Laat mij dit verhaal beginnen, waarde lezer, met de bewering dat ik bewondering en sympathie heb voor de wetenschap en haar beoefenaars, dat ik hou van de wetenschap. Ja, ik ben er
van overtuigd dat wij héél veel, ofschoon niet alles, te danken hebben aan de wetenschap. Hetgeen evenwel niet betekent dat ik niet zou openstaan voor een mop over de wetenschap en meer bepaald de geneeskundige
wetenschap. Hier gaat er een:
De professor gaf een les over de ziekten van de lever. Honderd jaar geleden, sprak hij, waren de wetenschappers ervan overtuigd dat het nuttigen van eieren slecht is voor de lever.

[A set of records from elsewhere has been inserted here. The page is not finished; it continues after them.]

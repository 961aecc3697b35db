// The price of a quarter of an hour, and how it came about.
ghost use Rattle.std.specs.Prelude.{◌≡◌, IfOk};
ghost use Rattle.pricing.specs.Fractions.{Bounded, to_nearest};
ghost use Rattle.pricing.specs.Laws.{Lawful};
ghost use Rattle.pricing.specs.Limits.{candidate_grain, price_limit};
ghost use Rattle.pricing.specs.Prices.{decided as decided_of, derivation_of, price_of};
ghost use Rattle.pricing.specs.Stages.{candidates_of};

use crate::derivation::Derivation;
use crate::figures::SystemFigures;
use crate::fraction::Fraction;
use crate::stages::{OffBalance, base};
use refusal::Reason;

fn whole_price(candidate: Fraction) -> i32
    requires { Bounded price_limit candidate_grain candidate }
    ensures { result ≡ to_nearest candidate }
{
    candidate.rounded().unwrap() as i32
}

impl OffBalance {
    fn decided(self) -> Derivation
        ensures { result ≡ decided_of self.side self.imbalance_kwh (candidates_of self.side self.imbalance_kwh self.index self.base) }
    {
        let candidates = self.candidates();
        let decisive = self.side.decisive(candidates);
        Derivation::Decided {
            side: self.side,
            imbalance_kwh: self.imbalance_kwh,
            candidates,
            stage: decisive.stage,
            price: whole_price(decisive.value),
        }
    }
}

// The price of a quarter of an hour with all that led to it.
pub fn derive(figures: &SystemFigures) -> Result<Derivation, Reason>
    ensures { result ≡ derivation_of figures.now }
{
    if !figures.in_range() {
        return Err(Reason::FigureOutOfRange);
    }
    let Some(side) = figures.side() else {
        return Ok(Derivation::Balanced {
            price: figures.index,
        });
    };
    let activations = figures.activations_on(side);
    let base = base(&activations, figures.bid_on(side))?;
    let off_balance = OffBalance {
        side,
        imbalance_kwh: figures.imbalance_kwh.unsigned_abs(),
        index: figures.index,
        base,
    };
    Ok(off_balance.decided())
}

// The price of a quarter of an hour.
pub fn price_of(figures: &SystemFigures) -> Result<i32, Reason>
    ensures value { result ≡ price_of figures.now }
    ensures lawful { IfOk result (Lawful figures.now) }
{
    Ok(derive(figures)?.price())
}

Maar de wetenschap maakt vorderingen, en vijftig jaar later en na veel onderzoek was de medische wereld tot de conclusie gekomen dat eieren nét goed zijn voor de lever. En heden ten dage, dames en heren, en na nog veel
meer en beter onderzoek - ik zei het reeds: de wetenschap staat niet stil - heerst de overtuiging dat er nog helemaal geen zekerheid is betreffende de invloed van het eten van eieren op de lever.
Maar nu geen gezwans meer. De rest van mijn verhaal is realiteit.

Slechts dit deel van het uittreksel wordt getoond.